Zen. Or the art of attacking the laundry pile.

Look at that laundry pile. You have one, I know that, so don’t bother denying it. Now look at it.

If it is anything like mine, half of those clothing items came out of the dryer, and half off the rack. Some are crumpled up and some are more smooth already. Some are still balled up like the socks because who can be arsed to get those untangled before washing? Right.

Now that they’re all nice and clean and dried up, the next and final step arrives: folding the damn things up to a degree that will make them a) storable/stackable, and b) findable. So far so good.

We’re not getting into the whole business of how to fold the various items of clothing. This is a practical choice in part, because I am no expert either, but mainly a philosophical one: who cares? As long as they can be put away, I honestly don’t care.

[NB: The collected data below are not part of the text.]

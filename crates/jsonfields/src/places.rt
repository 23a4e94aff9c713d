// Where the fields of a good line stand.
ghost use Rattle.std.specs.Prelude.{◌≡◌, drop};
ghost use Rattle.jsontext.specs.Events.{line as line_of};
ghost use Rattle.jsonruns.specs.Good.{Good};
ghost use Rattle.jsonlines.specs.Events.{event_of};
ghost use Rattle.jsonentry.specs.Fields.{FieldsTold};
ghost use Rattle.jsonfields.specs.Places.{first_place, fields_from, EntryGood, EntryTold, EventTold};

use super::ends::field_end;
use jsonentry::Fields;
use jsonlines::fields::field_of;
use jsonread::bytes::skip_blanks;
use jsonruns::{after_sign, first_part, part_after, string_end};

// a member of an event: which field it is, where its value begins, and where it ends
#[derive(Clone, Copy)]
pub struct Entry {
    pub field: usize,
    pub value: usize,
    pub end: usize,
}

// the first of two places; 0 is none
fn first_place(old: usize, new: usize) -> usize
    ensures { result ≡ first_place old new }
{
    if old == 0 { new } else { old }
}

// the places of the nine fields, each under its name
fn fields_from(places: [usize; 9]) -> Fields
    ensures { result ≡ fields_from places }
{
    Fields {
        time: places[0],
        namespace: places[1],
        action: places[2],
        kind: places[3],
        logged: places[4],
        context: places[5],
        principal: places[6],
        resource: places[7],
        entities: places[8],
    }
}

// a member of an event whose name stands at `at`
fn entry_of(line: &[u8], at: usize) -> Entry
    requires { EntryGood line.now at }
    ensures { EntryTold line.now at result }
{
    let field = field_of(line, at);
    let value = after_sign(line, string_end(line, at));
    Entry {
        field,
        value,
        end: field_end(line, value, field),
    }
}

// an event's fields, after its brace: the first member of each kind
fn event_fields(line: &[u8], at: usize) -> Fields
    requires { Good line.now at (event_of (drop at line.now)) }
    ensures { EventTold line.now at result }
{
    let mut places = [0; 9];
    let mut part = first_part(line, at, b'}');
    while let Ok(i) = part {
        let m = entry_of(line, i);
        places[m.field] = first_place(places[m.field], m.value);
        part = part_after(line, m.end, b'}');
    }
    fields_from(places)
}

// the fields of a line
pub fn fields_of(line: &[u8]) -> Fields
    requires { Good line.now 0 (line_of line.now) }
    ensures { FieldsTold line.now result }
{
    event_fields(line, skip_blanks(line, 0) + 1)
}
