// Equality of values and of cells, and the number by which cells are found, each equal to its definition.

#![tactic(auto)]

mod hashes;
mod values;

pub use hashes::{binding_hash, mix};
pub use values::{binding_eq, binding_of, dom_eq};

// two runs of n members, from p and from q on
#[derive(Clone, Copy)]
struct Runs {
    n: u32,
    p: u32,
    q: u32,
}

// the lowest values that two values lead to
#[derive(Clone, Copy)]
struct Ends {
    v: usize,
    w: usize,
}
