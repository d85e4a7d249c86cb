//! Bounds of pairs, at the ends of what a rule speaks of.
use fix_point::Rate;
use pair_bounds::{Stamp, between_bound, drift_bound, swing_bound};
use rule_file::{BetweenRule, DriftRule, Name, SwingRule};
use screen_model::{Bound, BoundName, End, Place, Side};
use std::test::Fail;

const SECOND: i64 = 1_000_000_000;

/// The row of a time in seconds.
fn at(row: u32, seconds: i64) -> Stamp {
    Stamp {
        row,
        ticks: seconds.clamp(-9_000_000_000, 9_000_000_000) * SECOND,
    }
}

/// The bound of rule 7 from one place to another.
fn bound(from: (u32, u32), to: (u32, u32), limit: i64, side: Side) -> Option<Bound> {
    let first = End::At(Place {
        row: from.0,
        col: from.1,
    });
    let second = End::At(Place {
        row: to.0,
        col: to.1,
    });
    let name = BoundName {
        rule: 7,
        from_row: from.0,
        to_row: to.0,
        col: from.1,
        side,
    };
    let (first, second) = match side {
        Side::Up => (first, second),
        Side::Down => (second, first),
    };
    Some(Bound {
        name,
        first,
        second,
        limit,
    })
}

#[test]
fn swings_within_the_window(rt: HostRuntime) -> Result<(), Fail> {
    let rule = SwingRule {
        sensor: Name::from_slice(rt.alloc(), b"x")?,
        most: 5,
        window: 10 * SECOND,
        price: 0,
    };
    let up = bound((1, 2), (3, 2), 5, Side::Up);
    let down = bound((1, 2), (3, 2), 5, Side::Down);
    let cases = [
        (0, Side::Up, None),
        (-1, Side::Down, None),
        (1, Side::Up, up),
        (10, Side::Up, up),
        (10, Side::Down, down),
        (11, Side::Up, None),
        (9_000_000_000, Side::Down, None),
    ];
    for (seconds, side, wanted) in cases {
        assert_eq!(rt;
            swing_bound(7, &rule, 2, at(1, 0), at(3, seconds), side),
            wanted
        );
    }
    let first = at(1, -9_000_000_000);
    assert_eq!(rt;
        swing_bound(7, &rule, 2, first, at(3, 9_000_000_000), Side::Up),
        None
    );
    assert_eq!(rt;
        swing_bound(7, &rule, 2, first, at(3, -8_999_999_990), Side::Up),
        up
    );
    Ok(())
}

#[test]
fn drifts_from_over_to_the_window(rt: HostRuntime) -> Result<(), Fail> {
    let rule = DriftRule {
        sensor: Name::from_slice(rt.alloc(), b"x")?,
        min: Rate {
            millionths: -1_500_000,
            per: 10,
        },
        max: Rate {
            millionths: 1_000_000,
            per: 10,
        },
        over: 10 * SECOND,
        window: 20 * SECOND,
        price: 1_000,
    };
    let cases = [
        (0, Side::Down, None),
        (-10, Side::Up, None),
        (9, Side::Up, None),
        (10, Side::Up, bound((1, 2), (3, 2), 1, Side::Up)),
        (10, Side::Down, bound((1, 2), (3, 2), 1, Side::Down)),
        (19, Side::Up, bound((1, 2), (3, 2), 1, Side::Up)),
        (20, Side::Up, bound((1, 2), (3, 2), 2, Side::Up)),
        (20, Side::Down, bound((1, 2), (3, 2), 3, Side::Down)),
        (21, Side::Down, None),
    ];
    for (seconds, side, wanted) in cases {
        assert_eq!(rt;
            drift_bound(7, &rule, 0, 2, at(1, 0), at(3, seconds), side),
            wanted
        );
    }
    Ok(())
}

#[test]
fn rows_with_both_sensors(rt: HostRuntime) -> Result<(), Fail> {
    let rule = BetweenRule {
        first: Name::from_slice(rt.alloc(), b"x")?,
        second: Name::from_slice(rt.alloc(), b"y")?,
        min: -2,
        max: 9,
        price: 1,
    };
    let cases = [
        (None, None, Side::Up, None),
        (Some(3), None, Side::Up, None),
        (None, Some(2), Side::Down, None),
        (
            Some(3),
            Some(2),
            Side::Up,
            bound((4, 3), (4, 2), 9, Side::Up),
        ),
        (
            Some(3),
            Some(2),
            Side::Down,
            bound((4, 3), (4, 2), 2, Side::Down),
        ),
    ];
    for (first, second, side, wanted) in cases {
        assert_eq!(rt; between_bound(7, &rule, 4, first, second, side), wanted);
    }
    Ok(())
}
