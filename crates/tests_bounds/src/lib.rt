//! The tests of bounds: those of two readings, and those of a whole table.
#![tactic(auto)]

#[cfg(test)]
mod bound_maker_tests;
#[cfg(test)]
mod pair_bounds_tests;
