const TWO_BOUNDS: &str = "0 1 1 2 up: 0 0 to 1 2 at most 1000000000000000
0 1 1 2 down: 1 2 to 0 0 at most 1000000000000000
0 1 1 4 up: 0 0 to 1 4 at most 1000000000000000
0 1 1 4 down: 1 4 to 0 0 at most 1000000000000000
0 2 2 4 up: 0 0 to 2 4 at most 1000000000000000
0 2 2 4 down: 2 4 to 0 0 at most 1000000000000000
0 3 3 2 up: 0 0 to 3 2 at most 1000000000000000
0 3 3 2 down: 3 2 to 0 0 at most 1000000000000000
0 3 3 4 up: 0 0 to 3 4 at most 1000000000000000
0 3 3 4 down: 3 4 to 0 0 at most 1000000000000000
1 2 2 4 up: 0 0 to 2 4 at most 50
1 2 2 4 down: 2 4 to 0 0 at most -3
1 3 3 4 up: 0 0 to 3 4 at most 50
1 3 3 4 down: 3 4 to 0 0 at most -3
2 3 3 2 up: 0 0 to 3 2 at most 8
2 3 3 2 down: 3 2 to 0 0 at most -8
5 1 1 2 up: 1 2 to 1 4 at most 5
5 1 1 2 down: 1 4 to 1 2 at most 2
5 3 3 2 up: 3 2 to 3 4 at most 5
5 3 3 2 down: 3 4 to 3 2 at most 2
";

/// Rules, readings, and the bounds that are made.
const MADE: [(&str, &str, &str); 10] = [
    (SPEED, "time,x\n", ""),
    (SPEED, "time,x\n0,10\n1,11\n2,12\n", STEADY),
    (SPEED, "time,x\n0,0\n11,100\n", APART),
    (SPEED, "time,x\n0,0\n10,100\n", AT_WINDOW),
    (SPEED, "time,x\n0,0\n1,\n2,2\n", MISSING),
    (SPEED, "time,x\n0,0\n1,NaN\n2,2\n", MISSING),
    (PRICED, "time,x\n0,1\n1,2\n2,3\n4,4\n", EACH_PAIR),
    (SWING, "time,x\n0,0\n5,4\n10,8\n", SWINGS),
    (DRIFT, "time,x\n0,0\n5,5\n10,9\n", DRIFTS),
    (TWO, ROWS, TWO_BOUNDS),
];

/// The place of an end.
fn place_of(end: End) -> Place {
    match end {
        End::Zero => Place { row: 0, col: 0 },
        End::At(place) => place,
    }
}

/// Both ends and the limit of a bound.
fn ends_text(alloc: Global, bound: &Bound) -> Result<String, Fail> {
    let first = place_of(bound.first);
    let second = place_of(bound.second);
    let limit = bound.limit;
    Ok(format!(in alloc;
        "{} {} to {} {} at most {limit}\n",
        first.row, first.col, second.row, second.col
    )?)
}

/// The name of a bound.
fn name_text(alloc: Global, name: BoundName) -> Result<String, Fail> {
    let side = match name.side {
        Side::Up => "up",
        Side::Down => "down",
    };
    Ok(format!(in alloc;
        "{} {} {} {} {side}: ",
        name.rule, name.from_row, name.to_row, name.col
    )?)
}

/// The bounds as lines.
fn lines_of(alloc: Global, bounds: &[Bound]) -> Result<Vec<u8>, Fail> {
    let mut text = Vec::new(alloc);
    for bound in bounds {
        text.extend_from_slice(name_text(alloc, bound.name)?.as_bytes())?;
        text.extend_from_slice(ends_text(alloc, bound)?.as_bytes())?;
    }
    Ok(text)
}

/// Rules and a table that they read.
fn read(alloc: Global, rules: &str, readings: &[u8]) -> Result<(Rules, Table), Fail> {
    let rules = read_rules(alloc, rules.as_bytes())?;
    let table = read_table(alloc, &rules, readings)?;
    Ok((rules, table))
}

/// Each of the bounds is found by its name.
fn finds(rt: &impl Abort, table: &Table, rules: &Rules, bounds: &[Bound]) {
    for bound in bounds {
        assert_eq!(rt; bound_of(table, rules, bound.name), Some(*bound));
    }
}

/// The rules make these bounds of the readings, and each is found by its name.
fn makes(
    rt: &impl Abort,
    alloc: Global,
    rules: &str,
    readings: &str,
    wanted: &str,
) -> Result<(), Fail> {
    let (rules, table) = read(alloc, rules, readings.as_bytes())?;
    let bounds = make(alloc, &table, &rules)?;
    let lines = lines_of(alloc, bounds.as_slice())?;
    assert_eq!(rt; lines.as_slice(), wanted.as_bytes());
    finds(rt, &table, &rules, bounds.as_slice());
    Ok(())
}

#[test]
fn bounds_of_rules(rt: HostRuntime) -> Result<(), Fail> {
    for (rules, readings, wanted) in MADE {
        makes(&rt, rt.alloc(), rules, readings, wanted)?;
    }
    Ok(())
}

/// Names under the speed rule: rule, rows, column, and on how many sides a bound bears it.
type Named = (u32, u32, u32, u32, usize);

const NAMED: [Named; 15] = [
    (0, 1, 2, 2, 0),
    (0, 2, 2, 2, 2),
    (0, 3, 3, 2, 0),
    (0, 2, 2, 1, 0),
    (0, 5, 5, 2, 0),
    (0, 0, 0, 2, 0),
    (1, 1, 2, 2, 2),
    (1, 2, 1, 2, 0),
    (1, 1, 1, 2, 0),
    (1, 1, 3, 2, 0),
    (1, 1, 4, 2, 0),
    (1, 1, 2, 1, 0),
    (1, 1, 2, 3, 0),
    (2, 1, 2, 2, 0),
    (4_294_967_295, 1, 2, 2, 0),
];

/// Whether there is a bound of this name.
fn is_bound(
    table: &Table,
    rules: &Rules,
    rule: u32,
    rows: (u32, u32),
    col: u32,
    side: Side,
) -> bool {
    let name = BoundName {
        rule,
        from_row: rows.0,
        to_row: rows.1,
        col,
        side,
    };
    bound_of(table, rules, name).is_some()
}

/// How many sides have a bound of this name.
fn sides_of(table: &Table, rules: &Rules, rule: u32, rows: (u32, u32), col: u32) -> usize {
    let up = is_bound(table, rules, rule, rows, col, Side::Up);
    let down = is_bound(table, rules, rule, rows, col, Side::Down);
    usize::from(up).saturating_add(usize::from(down))
}

#[test]
fn names_of_no_bound(rt: HostRuntime) -> Result<(), Fail> {
    let (rules, table) = read(rt.alloc(), SPEED, b"time,x\n0,0\n1,5\n2,\n12,3\n")?;
    for (rule, from, to, col, sides) in NAMED {
        assert_eq!(rt; sides_of(&table, &rules, rule, (from, to), col), sides);
    }
    Ok(())
}
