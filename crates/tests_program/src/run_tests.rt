//! Whole runs of the program over sources and sinks in memory.
use path_flow::PathSolver;
use screen_io::{MemSink, MemSource, Source};
use screen_tool::{EndUse, Inputs, Outputs, Status, roles, run};
use std::alloc::{AllocError, Global};
use std::process::Abort;
use std::test::Fail;

/// The sensor x may change by 1 in a second.
pub(super) const BASE: &str =
    "[format]\ndecimals = 0\n[[speed]]\nsensor = \"x\"\nmin = -1\nmax = 1\nper = 1\nwindow = 10\n";

/// By 1 in three seconds: neighbours a second apart may not move.
const SLOW: &str =
    "[format]\ndecimals = 0\n[[speed]]\nsensor = \"x\"\nmin = -1\nmax = 1\nper = 3\nwindow = 10\n";

/// The same in hundredths: 33 of them in a second.
const FINE: &str =
    "[format]\ndecimals = 2\n[[speed]]\nsensor = \"x\"\nmin = -1\nmax = 1\nper = 3\nwindow = 10\n";

/// By exactly a third in a second, which no whole number does.
const EXACT: &str =
    "[format]\ndecimals = 0\n[[speed]]\nsensor = \"x\"\nmin = 1\nmax = 1\nper = 3\nwindow = 10\n";

/// A speed rule whose bounds may be broken for a price.
pub(super) const PRICED: &str =
    "[format]\ndecimals = 0\n[[speed]]\nsensor = \"x\"\nmin = -1\nmax = 1\nwindow = 10\nprice = 1\n[[weight]]\nsensor = \"x\"\nweight = 5\n";

/// A speed rule, and readings that are right.
pub(super) const TRUST: &str =
    "[format]\ndecimals = 0\n[[speed]]\nsensor = \"x\"\nmin = -1\nmax = 1\nwindow = 10\n[[trust]]\nsensor = \"x\"\n";

/// The same, and the first reading counts five times.
const HEAVY: &str =
    "[format]\ndecimals = 0\n[[speed]]\nsensor = \"x\"\nmin = -1\nmax = 1\nwindow = 10\n[[weight]]\nsensor = \"x\"\nweight = 5\nfrom = \"0\"\nto = \"0\"\n";

/// Speed rules with the prices 1 and 2, the latter with readings that are right, and a range rule with the price 1 for such.
const CHEAP: &str =
    "[format]\ndecimals = 0\n[[speed]]\nsensor = \"x\"\nmin = -1\nmax = 1\nwindow = 10\nprice = 1\n";

const DEAR_TRUST: &str =
    "[format]\ndecimals = 0\n[[speed]]\nsensor = \"x\"\nmin = -1\nmax = 1\nwindow = 10\nprice = 2\n[[trust]]\nsensor = \"x\"\n";

const DEAR_RANGE: &str =
    "[format]\ndecimals = 0\n[[range]]\nsensor = \"x\"\nmax = 50\nprice = 1\n[[trust]]\nsensor = \"x\"\n";

/// A range without a price, and readings that are right.
pub(super) const RANGE_TRUST: &str =
    "[format]\ndecimals = 0\n[[range]]\nsensor = \"x\"\nmax = 50\n[[trust]]\nsensor = \"x\"\n";

const RANGE: &str = "[format]\ndecimals = 0\n[[range]]\nsensor = \"x\"\nmax = 50\n";

pub(super) const SWING: &str =
    "[format]\ndecimals = 0\n[[swing]]\nsensor = \"x\"\nmost = 5\nwindow = 10\n";

const DRIFT: &str =
    "[format]\ndecimals = 0\n[[drift]]\nsensor = \"x\"\nmin = -1\nmax = 1\nper = 10\nover = 10\nwindow = 20\n";

pub(super) const BETWEEN: &str =
    "[format]\ndecimals = 0\n[[between]]\nfirst = \"in\"\nsecond = \"out\"\nmin = 0\nmax = 5\n";

const READINGS: &[u8] = b"time,x\n0,10\n1,11\n2,12\n";

const CERT: &[u8] = b"screen-cert 1\nclaim repair\ntotal 0\nend\n";

/// The certificate where some rule has a price.
const PRICED_CERT: &[u8] = b"screen-cert 2\nclaim repair\ntotal 0\npaid 0\nend\n";

/// The words of `global`.
pub(super) const GLOBAL: [&str; 4] = ["global", "r", "d", "c"];

/// A run of `global`: how it ended, and what it wrote.
#[derive(Drop)]
pub(super) struct Ran {
    status: Status,
    out: MemSink,
    pub(super) cert: MemSink,
    note: MemSink,
    read_cert: bool,
}

impl Ran {
    fn assert_is(&self, rt: &impl Abort, status: Status, out: &[u8], cert: &[u8], note: &[u8]) {
        assert_eq!(rt; self.status, status);
        assert_eq!(rt; self.out.held_bytes(), out);
        assert_eq!(rt; self.cert.held_bytes(), cert);
        assert_eq!(rt; self.note.held_bytes(), note);
        assert!(rt; !self.read_cert);
    }
}

pub(super) fn words(alloc: Global, texts: &[&str]) -> Result<Vec<String>, AllocError> {
    let mut words = Vec::new(alloc);
    for text in texts {
        words.push(String::from_str(alloc, text)?)?;
    }
    Ok(words)
}

/// Runs the program on these words, with the solver that it has when it is built.
pub(super) fn run_words(
    alloc: Global,
    texts: &[&str],
    ins: &mut Inputs<MemSource>,
    outs: &mut Outputs<MemSink>,
) -> Result<Status, AllocError> {
    let words = words(alloc, texts)?;
    let mut solver = PathSolver::new(alloc);
    Ok(run(alloc, words.as_slice(), ins, outs, &mut solver))
}

pub(super) fn source(alloc: Global, bytes: &[u8], fails: &[u64]) -> Result<MemSource, AllocError> {
    source_of_pieces(alloc, bytes, fails, 16)
}

/// A source that gives so many bytes in a call, at least one.
pub(super) fn source_of_pieces(
    alloc: Global,
    bytes: &[u8],
    fails: &[u64],
    piece: usize,
) -> Result<MemSource, AllocError> {
    let fails = fails.to_vec(alloc)?;
    Ok(MemSource::new(bytes.to_vec(alloc)?, fails, piece.max(1)))
}

pub(super) fn sink(alloc: Global, fails: &[u64]) -> Result<MemSink, AllocError> {
    MemSink::new(alloc, 100_000, fails.to_vec(alloc)?, 8)
}

fn run_with(
    alloc: Global,
    texts: &[&str],
    rules: &str,
    readings: &[u8],
) -> Result<Ran, AllocError> {
    let mut outs = Outputs {
        out: sink(alloc, &[])?,
        cert: sink(alloc, &[])?,
        note: sink(alloc, &[])?,
    };
    let mut ins = Inputs {
        rules: source(alloc, rules.as_bytes(), &[])?,
        readings: source(alloc, readings, &[])?,
        cert: source(alloc, b"?", &[])?,
    };
    let status = run_words(alloc, texts, &mut ins, &mut outs)?;
    let read_cert = ins.cert.read(&mut [0; 4]) != Ok(1);
    Ok(Ran {
        status,
        out: outs.out,
        cert: outs.cert,
        note: outs.note,
        read_cert,
    })
}

pub(super) fn global(alloc: Global, rules: &str, readings: &[u8]) -> Result<Ran, AllocError> {
    run_with(alloc, &GLOBAL, rules, readings)
}

/// Rules, readings that keep all their bounds, and what is written of these.
const KEPT: [(&str, &str, &str); 17] = [
    (
        BASE,
        "time,x\n0,10\n1,11\n2,12\n",
        "time,x\n0,10\n1,11\n2,12\n",
    ),
    (BASE, "time,x\n", "time,x\n"),
    // The gap is longer than the window, and then as long.
    (BASE, "time,x\n0,0\n11,100\n", "time,x\n0,0\n11,100\n"),
    (BASE, "time,x\n0,0\n10,10\n", "time,x\n0,0\n10,10\n"),
    (BASE, "time,x\n0,0\n1,\n2,2\n", "time,x\n0,0\n1,\n2,2\n"),
    (
        BASE,
        "time,x\n0,0\n1,NaN\n2,2\n",
        "time,x\n0,0\n1,NaN\n2,2\n",
    ),
    // The mark, the line breaks and the spelling of readings go; the rest stays.
    (
        BASE,
        "\u{feff}time,x,note\r\n0,10,\"a, b\"\r\n",
        "time,x,note\n0,10,\"a, b\"\n",
    ),
    (
        BASE,
        "time, x\n\n0.0, +7\n1.0,8e0",
        "time, x\n0.0,7\n1.0,8\n",
    ),
    (
        SLOW,
        "time,x\n0,0\n1,0\n2,0\n5,1\n",
        "time,x\n0,0\n1,0\n2,0\n5,1\n",
    ),
    (FINE, "time,x\n0,0\n1,0.33\n", "time,x\n0,0.00\n1,0.33\n"),
    (EXACT, "time,x\n0,0\n3,1\n", "time,x\n0,0\n3,1\n"),
    (TRUST, "time,x\n0,0\n1,1\n", "time,x\n0,0\n1,1\n"),
    (RANGE, "time,x\n0,50\n", "time,x\n0,50\n"),
    (
        SWING,
        "time,x\n0,0\n5,5\n11,10\n",
        "time,x\n0,0\n5,5\n11,10\n",
    ),
    // Only the first and the last are far enough apart, but not too far.
    (
        DRIFT,
        "time,x\n0,0\n5,5\n10,1\n",
        "time,x\n0,0\n5,5\n10,1\n",
    ),
    (
        BETWEEN,
        "time,out,in\n0,15,10\n1,,10\n2,5,5\n",
        "time,out,in\n0,15,10\n1,,10\n2,5,5\n",
    ),
    (
        PRICED,
        "time,x\n0,10\n1,11\n2,10\n",
        "time,x\n0,10\n1,11\n2,10\n",
    ),
];

fn assert_kept(
    rt: &impl Abort,
    alloc: Global,
    rules: &str,
    readings: &str,
    written: &str,
) -> Result<(), Fail> {
    let cert = if rules == PRICED { PRICED_CERT } else { CERT };
    let ran = global(alloc, rules, readings.as_bytes())?;
    ran.assert_is(rt, Status::Done, written.as_bytes(), cert, b"");
    Ok(())
}

#[test]
fn readings_that_keep_all_bounds_are_written(rt: HostRuntime) -> Result<(), Fail> {
    for (rules, readings, written) in KEPT {
        assert_kept(&rt, rt.alloc(), rules, readings, written)?;
    }
    Ok(())
}

/// Rules, readings that do not keep them, the repaired text, and the lines of the certificate after its claim.
const REPAIRED: [(&str, &str, &str, &str); 15] = [
    (
        BASE,
        "time,x\n0,10\n1,11\n2,20\n3,13\n",
        "time,x\n0,10\n1,11\n2,12\n3,13\n",
        "total 8\nset 3 2 12\nflow 1 2 3 2 up 1\n",
    ),
    // Of the two that change as little the greater.
    (
        BASE,
        "time,x\n0,0\n1,3\n",
        "time,x\n0,2\n1,3\n",
        "total 2\nset 1 2 2\nflow 1 1 2 2 up 1\n",
    ),
    (
        HEAVY,
        "time,x\n0,0\n1,3\n",
        "time,x\n0,0\n1,1\n",
        "total 2\nset 2 2 1\nflow 1 1 2 2 up 1\n",
    ),
    // The gap is the window.
    (
        BASE,
        "time,x\n0,0\n10,100\n",
        "time,x\n0,90\n10,100\n",
        "total 90\nset 1 2 90\nflow 1 1 2 2 up 1\n",
    ),
    (
        FINE,
        "time,x\n0,0.00\n1,1.00\n",
        "time,x\n0,0.67\n1,1.00\n",
        "total 67\nset 1 2 67\nflow 1 1 2 2 up 1\n",
    ),
    (
        SLOW,
        "time,x\n0,0\n1,0\n2,0\n3,1\n",
        "time,x\n0,0\n1,0\n2,0\n3,0\n",
        "total 1\nset 4 2 0\nflow 1 3 4 2 up 1\n",
    ),
    (
        BETWEEN,
        "time,in,out\n0,10,20\n",
        "time,in,out\n0,15,20\n",
        "total 5\nset 1 2 15\nflow 1 1 1 2 up 1\n",
    ),
    (
        RANGE,
        "time,x\n0,70\n",
        "time,x\n0,50\n",
        "total 20\nset 1 2 50\nflow 1 1 1 2 up 1\n",
    ),
    (
        SWING,
        "time,x\n0,0\n5,4\n10,8\n",
        "time,x\n0,3\n5,4\n10,8\n",
        "total 3\nset 1 2 3\nflow 1 1 3 2 up 1\n",
    ),
    (
        DRIFT,
        "time,x\n0,0\n5,5\n10,9\n",
        "time,x\n0,8\n5,5\n10,9\n",
        "total 8\nset 1 2 8\nflow 1 1 3 2 up 1\n",
    ),
    // The missing cell and the text beside it stay.
    (
        BASE,
        "time,note,x\n0,\"a,b\",0\n1,, \n2,c,3\n",
        "time,note,x\n0,\"a,b\",1\n1,, \n2,c,3\n",
        "total 1\nset 1 3 1\nflow 1 1 3 3 up 1\n",
    ),
    // The broken bound has a price: it is paid, or not.
    (
        PRICED,
        "time,x\n0,0\n1,100\n",
        "time,x\n0,0\n1,100\n",
        "total 99\npaid 99\nflow 1 1 2 2 up 1\n",
    ),
    (
        CHEAP,
        "time,x\n0,0\n1,3\n",
        "time,x\n0,2\n1,3\n",
        "total 2\npaid 0\nset 1 2 2\nflow 1 1 2 2 up 1\n",
    ),
    (
        DEAR_TRUST,
        "time,x\n0,0\n1,100\n",
        "time,x\n0,0\n1,100\n",
        "total 198\npaid 198\nflow 1 1 2 2 up 2\nflow 2 1 1 2 up 2\nflow 2 2 2 2 down 2\n",
    ),
    (
        DEAR_RANGE,
        "time,x\n0,70\n",
        "time,x\n0,70\n",
        "total 20\npaid 20\nflow 1 1 1 2 up 1\nflow 2 1 1 2 down 1\n",
    ),
];

/// Whether the certificate of a repair under these rules says what is paid.
fn is_priced(rules: &str) -> bool {
    [PRICED, CHEAP, DEAR_TRUST, DEAR_RANGE].contains(&rules)
}

fn assert_repaired(
    rt: &impl Abort,
    alloc: Global,
    rules: &str,
    readings: &str,
    written: &str,
    lines: &str,
) -> Result<(), Fail> {
    let version = if is_priced(rules) { 2 } else { 1 };
    let cert = format!(in alloc; "screen-cert {version}\nclaim repair\n{lines}end\n")?;
    let ran = global(alloc, rules, readings.as_bytes())?;
    ran.assert_is(rt, Status::Done, written.as_bytes(), cert.as_bytes(), b"");
    Ok(())
}

#[test]
fn readings_are_repaired(rt: HostRuntime) -> Result<(), Fail> {
    for (rules, readings, written, lines) in REPAIRED {
        assert_repaired(&rt, rt.alloc(), rules, readings, written, lines)?;
    }
    Ok(())
}

/// Readings in hundredths with dates as times, which may change by five of them in a second.
const HOUR: &str =
    "[format]\ndecimals = 2\nform = \"instant\"\n[[speed]]\nsensor = \"x\"\nmin = \"-0.05\"\nmax = \"0.05\"\nper = 1\nwindow = 60\n";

The question I am addressing here is of a more instrumental level. When approaching the pile of assorted garments does one first sort them into designated piles (kids, socks, underwear, mine, thine) or does one tackle the pile as a whole?

Analytically or holistically, if you will.

I was a great sorter for a long time. Now I attack the pile in one go. The progress is at first not as visible as it would be in sorted sub-piles – that one tackles one after the other thus leaving empty spaces where piles used to be – but eventually the bulk of the work begins to diminish. There is relief with every garment one touches until at last the whole pile has gone. The space it leaves behind seems somehow bigger than when I picked it apart first. The letting go more complete.

From the Ninja archives of understanding what the hell.